Evidence for Short $\sim 1$ Myr Lifetimes from the He II Proximity Zones of $z \sim 4$ Quasars

TL;DR

This study uses He II proximity zones in quasar spectra to measure quasar lifetimes, finding they are typically around 1 million years, which is shorter than many previous estimates and has implications for black hole growth models.

Contribution

Introduces a Bayesian method to infer quasar lifetimes from He II proximity zones, providing new constraints on the duration of quasar activity at high redshift.

Findings

Measured individual quasar lifetimes of approximately 0.6 and 5.8 Myr.

Joint analysis yields an average quasar lifetime of about 1.17 Myr.
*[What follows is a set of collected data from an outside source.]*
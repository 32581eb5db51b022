// Logins that may still be used by a master.

ghost use Rattle.std.specs.Prelude.{◌≡◌, ◌<◌, ◌^◌, ◌-◌, IfOk, option_and_then};
ghost use Rattle.da_request.specs.Requests.{is_fresh, lookup_with, decision};

use da_request::{Body, Decision, Request, vars_for};
use da_settings::Settings;
use da_userdb::Lookup;
use std::alloc::{AllocError, Global};

/// How long an authenticated id may be used, in milliseconds.
const LOGIN_LIFE: u64 = 150_000;

/// Whether the request isn't cancelled, and was replied at most 150,000 ms ago.
pub(crate) fn is_fresh(request: &Request, moment: u64) -> bool
    ensures { result ≡ is_fresh moment request.now }
{
    !request.is_cancelled
        && match request.replied {
            Some(replied) => moment <= replied.saturating_add(LOGIN_LIFE),
            None => false,
        }
}

/// What is looked up for the login that the request made, where it succeeded.
pub(crate) fn lookup_for(
    request: &Request,
    alloc: Global,
    settings: &Settings,
) -> Result<Option<Lookup>, AllocError>
    ensures { IfOk result (λ lookup. lookup ≡ option_and_then (lookup_with request.now.body) (decision settings.now request.now)) }
{
    match request.decision(alloc, settings)? {
        Some(decision) => lookup_with(alloc, &request.body, decision),
        None => Ok(None),
    }
}

fn lookup_with(alloc: Global, body: &Body, decision: Decision) -> Result<Option<Lookup>, AllocError>
    ensures { IfOk result (λ lookup. lookup ≡ lookup_with body.now decision) }
{
    let Body::Authenticates { params, .. } = body else {
        return Ok(None);
    };
    match decision {
        Decision::Success { user, fields, .. } => {
            let vars = vars_for(alloc, user.bytes(), params)?;
            Ok(Some(Lookup {
                user,
                passdb_fields: fields,
                vars,
            }))
        }
        _ => Ok(None),
    }
}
Results suggest quasar lifetimes are shorter than previously thought, impacting SMBH growth theories.

Abstract

The duration of quasar accretion episodes is a key quantity for distinguishing between models for the formation and growth of supermassive black holes, the evolution of quasars, and their potential feedback effects on their host galaxies. However, this critical timescale, often referred to as the quasar lifetime, is still uncertain by orders of magnitude ($t_{\rm Q} \simeq 0.01\,{\rm Myr} - 1\,{\rm Gyr}$). Absorption spectra of quasars exhibiting transmission in the He II Ly$\alpha$ forest provide a unique opportunity to make precise measurements of the quasar lifetime. Indeed, the size of a quasar's He II proximity zone, the region near the quasar itself where its own radiation dramatically alters the ionization state of the surrounding intergalactic medium (IGM), depends sensitively on its lifetime for $t_{\rm Q}\lesssim 30$ Myr, comparable to the expected $e$-folding time-scale for SMBH growth $t_{\rm S}=45$ Myr. In this study we compare the sizes of He II proximity zones in the Hubble Space Telescope (HST) spectra of 6 z~4 quasars to theoretical models generated by post-processing cosmological hydrodynamical simulations with $1$D radiative transfer algorithm. We introduce a Bayesian statistical method to infer the lifetimes of individual quasars which allows us to fully marginalize over the unknown ionization state of the surrounding IGM. We measure lifetimes $0.63^{+0.82}_{-0.40}$ Myr and $5.75^{+4.72}_{-2.74}$ Myr for two objects. For the other 4 quasars large redshift uncertainties undermine our sensitivity allowing us to only place upper or lower limits. However a joint analysis of these four systems yields a measurement of their average lifetime of $\langle t_{\rm Q}\rangle = 1.17^{+1.77}_{-0.84}$ Myr. We discuss our short ~1 Myr inferred lifetimes in the context of other quasar lifetime constraints and the growth of SMBHs.